Lincoln, no mais conhecido dos seus discursos - The Gettysburg Adress (leia a seguir) - de 19 de novembro de 1863, colocou o que estava em jogo. Não se tratava  de que os nortistas deviam ou não lutar pela manutenção da União ou se os sulistas tinham direito constitucional de formar uma confederação. A questão era outra. Era possível existir  um governo baseado na igualdade de todos os cidadãos?  Sobreviveria a democracia?   

Pela 13ª Emenda, aprovada em dezembro de 1865, a servidão foi varrida do país. Em 1875, dez anos depois da sua morte - Lincoln foi assassinado por um sulista - aprovou-se uma Declaração de Direitos  que impedia a discriminação. Esta conquista deu-se em parte pelo próprio engajamento dos negros na guerra. Por pressão de Frederick Douglass, um ex-escravo, notável militante abolicionista e primeiro assessor negro da presidência americana, Lincoln concordou em convocá-los.  Começando pelo 54º de Voluntários de Massachusettes, 166 regimentos negros formaram-se ao longo do conflito, alistando 178.975 homens, dos quais 68 mil morreram. Depois da grande matança tudo indicava que o ex-escravo seria gradualmente assimilado à sociedade norte-americana, tornando-se um cidadão como os demais.

Lincoln aclamado por multidão abolicionista
Lincoln aclamado por multidão abolicionista
Foto: Reprodução

O Discurso de Gettysburg, 19 de novembro de 1863

“Há oitenta e sete anos nossos antepassados implantaram sobre este continente uma nova nação, concebida em liberdade, e dedicada à idéia de que todos os homens são iguais.  Presentemente estamos envolvidos numa grande guerra civil testando assim o poder de resistência dessa nação, ou de qualquer outra concebida sobre aquele princípio. Encontramo-nos agora num grande campo de batalha dessa guerra. Viemos até aqui para dedicar uma porção de tal campo como um lugar de repouso eterno para aqueles que aqui deram suas vidas a fim de que a nação pudesse viver. E é conveniente e apropriado que nós prestemos juntos essa homenagem.

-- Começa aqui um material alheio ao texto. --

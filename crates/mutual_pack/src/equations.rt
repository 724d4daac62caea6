ghost use Rattle.std.specs.Prelude.{◌≡◌, ◌≤◌, ◌<◌, ◌+◌, ◌++◌, IfOk, OnErr, Ok, length, map};
ghost use Rattle.theory.specs.Families as pure;
ghost use Rattle.theory.specs.Signatures.{FamilyOf, IsEntryAt};
ghost use Rattle.theory.specs.SignatureScopes.{IsFamilyNumber};
ghost use Rattle.core_terms.specs.Answers as answers;
ghost use Rattle.core_terms.specs.Answers.{Gives};
ghost use Rattle.core_terms.specs.Meanings.{tele_of, tree_of};
ghost use Rattle.core_terms.specs.declared.stop.Stop.TheVariants.{Memory};
ghost use Rattle.core_sig.specs.Meanings.{entry_of};
ghost use Rattle.core_sig.specs.Shapes.{argument_shape, shape_of, types_of};
ghost use Rattle.mutual_pack.specs.MutualFamilies.{packed_of};
ghost use Rattle.mutual_pack.specs.Equations as spec;
ghost use Rattle.mutual_pack.specs.Equations.{sides_of};
ghost use Rattle.mutual_pack.specs.Fitting.{HasFewParts, IsNear};
ghost use Rattle.mutual_pack.specs.Inductions.{packed_number};

use crate::Packed;
use crate::bounding::is_low;
use crate::fitting::fits_induction;
use crate::naming::{induction_name, name_of};
use crate::numbers::{packed_family, packed_numbers};
use crate::packed_family::PackedFamily;
use crate::recursions::{left_side, right_side};
use crate::telescopes::{induction_size, induction_telescope};
use core_sig::{Arg, Entry, Family, Found, Signature};
use core_terms::{Items, Run, Stop, Tele, Term, number_of, place};
use std::alloc::Global;

/// The entry with a name.
fn entry_named(sig: &Signature, name: &[u8]) -> u32
    ensures { result ≡ spec.entry_named sig.now name.now }
{
    match sig.find(name) {
        Some(Found::Entry(n)) => n,
        _ => 0,
    }
}

/// The constants `Mi!ind` of the members, after those that are there.
#[tactic(auto, using(tele_eq::proofs::Growing::listing))]
fn inductions_in(
    alloc: Global,
    sig: &Signature,
    members: &[Entry],
    mut made: Items<u32>,
) -> Result<Items<u32>, Stop>
    ensures ok { IfOk result (λ numbers. numbers ≡ made ++ spec.inductions_in sig.now (map entry_of members.now)) }
    ensures memory { OnErr result (result ≡ Err Memory) }
{
    match members {
        [] => Ok(made),
        [member, rest @ ..] => {
            let name = induction_name(alloc, name_of(member))?;
            made.push(entry_named(sig, name.as_slice()))?;
            inductions_in(alloc, sig, rest, made)
        }
    }
}

/// How many of the owners come before a member.
fn count_before(member: u32, owners: &[u32]) -> usize
    ensures is { result ≡ spec.count_before member owners.now }
    ensures few { result ≤ length owners.now }
{
    match owners {
        [] => 0,
        [j, rest @ ..] => {
            let others = count_before(member, rest);
            if *j < member { others + 1 } else { others }
        }
    }
}

/// The arguments of the constructor with a number, if it is there.
#[tactic(auto, using(crate::proofs::Lookups::arguments_are))]
fn arguments_of(f: &Family, number: u32) -> &[Arg]
    requires { HasFewParts (shape_of f.now) }
    ensures is { map argument_shape result.now ≡ spec.arguments_of (shape_of f.now) number }
    ensures few { length result.now ≤ 2000 }
{
    match f.cons.as_slice().get(number as usize) {
        Some(con) => con.args.as_slice(),
        None => &[],
    }
}

/// The types of arguments, the first of which is over `size` variables of the family's record, at a depth, after the types that are there.
#[tactic(auto, using(tele_eq::proofs::Growing::growing))]
fn with_arguments(
    alloc: Global,
    runs: &[Run],
    size: u32,
    depth: u32,
    args: &[Arg],
    mut tele: Tele,
) -> Result<Tele, Stop>
    requires size { size + length args.now ≤ 1000000 }
    requires depth { depth + length args.now ≤ 1000000 }
    ensures { Gives tele_of result (Ok (tele_of tele ++ spec.places runs.now size depth (types_of (map argument_shape args.now)))) }
{
    match args {
        [] => Ok(tele),
        [arg, rest @ ..] => {
            tele.push(place(alloc, runs, size, depth, &arg.ty)?)?;
            with_arguments(alloc, runs, size + 1, depth + 1, rest, tele)
        }
    }
}

/// Parameters, motives, methods and arguments.
fn equation_telescope(
    alloc: Global,
    q: PackedFamily,
    owners: &[u32],
    f: &Family,
    args: &[Arg],
) -> Result<Tele, Stop>
    requires near { IsNear q }
    requires few { HasFewParts (shape_of f.now) }
    requires arguments { length args.now ≤ 2000 }
    ensures { Gives tele_of result (Ok (spec.equation_telescope q owners.now (shape_of f.now) (map argument_shape args.now))) }
{
    let x = induction_size(q);
    let tele = induction_telescope(alloc, q, owners, f)?;
    let runs = [(0, q.params), (x, args.len() as u32)];
    with_arguments(alloc, &runs, q.params, x, args, tele)
}

fn are_low(terms: &[Term]) -> bool
    ensures { result ≡ answers.are_low (tele_of terms.now) }
{
    match terms {
        [] => true,
        [t, rest @ ..] => is_low(t) && are_low(rest),
    }
}

/// A telescope and two terms, or Deep where one of them is too high.
fn bounded_sides(tele: Tele, left: Term, right: Term) -> Result<(Tele, Term, Term), Stop>
    ensures { Gives sides_of result (spec.bounded_sides (tele_of tele) (tree_of left) (tree_of right)) }
{
    if are_low(tele.as_slice()) && is_low(&left) && is_low(&right) {
        return Ok((tele, left, right));
    }
    Err(Stop::Deep)
}

/// The equation of the constructor with a number and the arguments, as one of member k.
fn equation_of(
    alloc: Global,
    q: PackedFamily,
    owners: &[u32],
    inductions: &[u32],
    f: &Family,
    k: u32,
    number: u32,
    args: &[Arg],
) -> Result<(Tele, Term, Term), Stop>
    requires near { IsNear q }
    requires few { HasFewParts (shape_of f.now) }
    requires number { number ≤ 4294000000 }
    requires arguments { length args.now ≤ 2000 }
    ensures { Gives sides_of result (spec.equation_of q owners.now inductions.now (shape_of f.now) k number (map argument_shape args.now)) }
{
    let tele = equation_telescope(alloc, q, owners, f, args)?;
    let left = left_side(alloc, q, inductions, k, number, args.len() as u32)?;
    let right = right_side(alloc, q, inductions, number, args)?;
    bounded_sides(tele, left, right)
}

/// The number of constructor `con` of a member among those of the packed family. Memory where it does not fit 32 bits.
fn constructor_number(owners: &[u32], member: u32, con: u32) -> Result<u32, Stop>
    ensures ok { IfOk result (λ n. n ≡ spec.constructor_number owners.now member con) }
    ensures low { IfOk result (λ n. n ≤ 4294000000) }
    ensures memory { OnErr result (result ≡ Err Memory) }
{
    let before = number_of(count_before(member, owners))?;
    let number = before as usize + con as usize;
    number_of(number + 1000000)?;
    number_of(number)
}

/// The equation of a constructor, where the packed family is family `f` of the signature.
fn equation_in(
    alloc: Global,
    sig: &Signature,
    packed: &Packed,
    f: &Family,
    member: u32,
    con: u32,
) -> Result<(Tele, Term, Term), Stop>
    ensures { Gives sides_of result (spec.induction_equation_of_shape sig.now (packed_of packed.now) (shape_of f.now) member con) }
{
    if !fits_induction(packed, f) {
        return Err(Stop::Deep);
    }
    let q = packed_numbers(packed, f)?;
    let owners = packed.owners.as_slice();
    let number = constructor_number(owners, member, con)?;
    let inductions = inductions_in(alloc, sig, packed.members.as_slice(), Items::new(alloc))?;
    let args = arguments_of(f, number);
    let inductions = inductions.as_slice();
    equation_of(alloc, q, owners, inductions, f, member, number, args)
}

/// The equation of constructor `con` of a member, both counted from 0: its variables, and its sides. What is packed and the entries
/// `Mk!ind` are in the signature. Deep where a term of the equation is too high.
pub fn induction_equation(
    alloc: Global,
    sig: &Signature,
    packed: &Packed,
    member: u32,
    con: u32,
) -> Result<(Tele, Term, Term), Stop>
    requires { IsFamilyNumber sig.now (packed_number (packed_of packed.now)) }
    ensures { (f : pure.Family) → IsEntryAt sig.now (packed_number (packed_of packed.now)) (FamilyOf f) → Gives sides_of result (spec.induction_equation sig.now (packed_of packed.now) f member con) }
{
    let f = packed_family(sig, packed)?;
    equation_in(alloc, sig, packed, f, member, con)
}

Mas, num sentido mais amplo , nós não podemos dedicar-lhes, não podemos consagrar - nem santificar - este sítio. Os homens bravos, vivos ou mortos, que lutaram aqui, já o consagraram, muito mais do que o nosso poder de acrescentar algo ou diminui-lo. O mundo deverá registrar bem pouco, e nem de longe recordar o que dissemos aqui, mas ele nunca poderá esquecer o que aqueles homens fizeram (*). É para nós os que continuam vivos, que temos diante de nós uma obra inacabada pela qual eles se bateram e tão nobremente adiantaram, que melhor caberia tal dedicatória. Sim, é para nós que estamos aqui dedicados a grande tarefa que se nos defronta - que isso se endereça mais do que a esses mortos honrados dos quais retiraremos a devoção ampliada àquela causa pela qual eles esgotaram a última reserva de dedicação - tarefa essa que aqui devemos assumir para que esses mortos não tenham morrido em vão, e para que essa nação, sob a autoridade de Deus, deva renascer em liberdade, e a fim de que o governo do povo, pelo povo e para o povo não pereça na terra.”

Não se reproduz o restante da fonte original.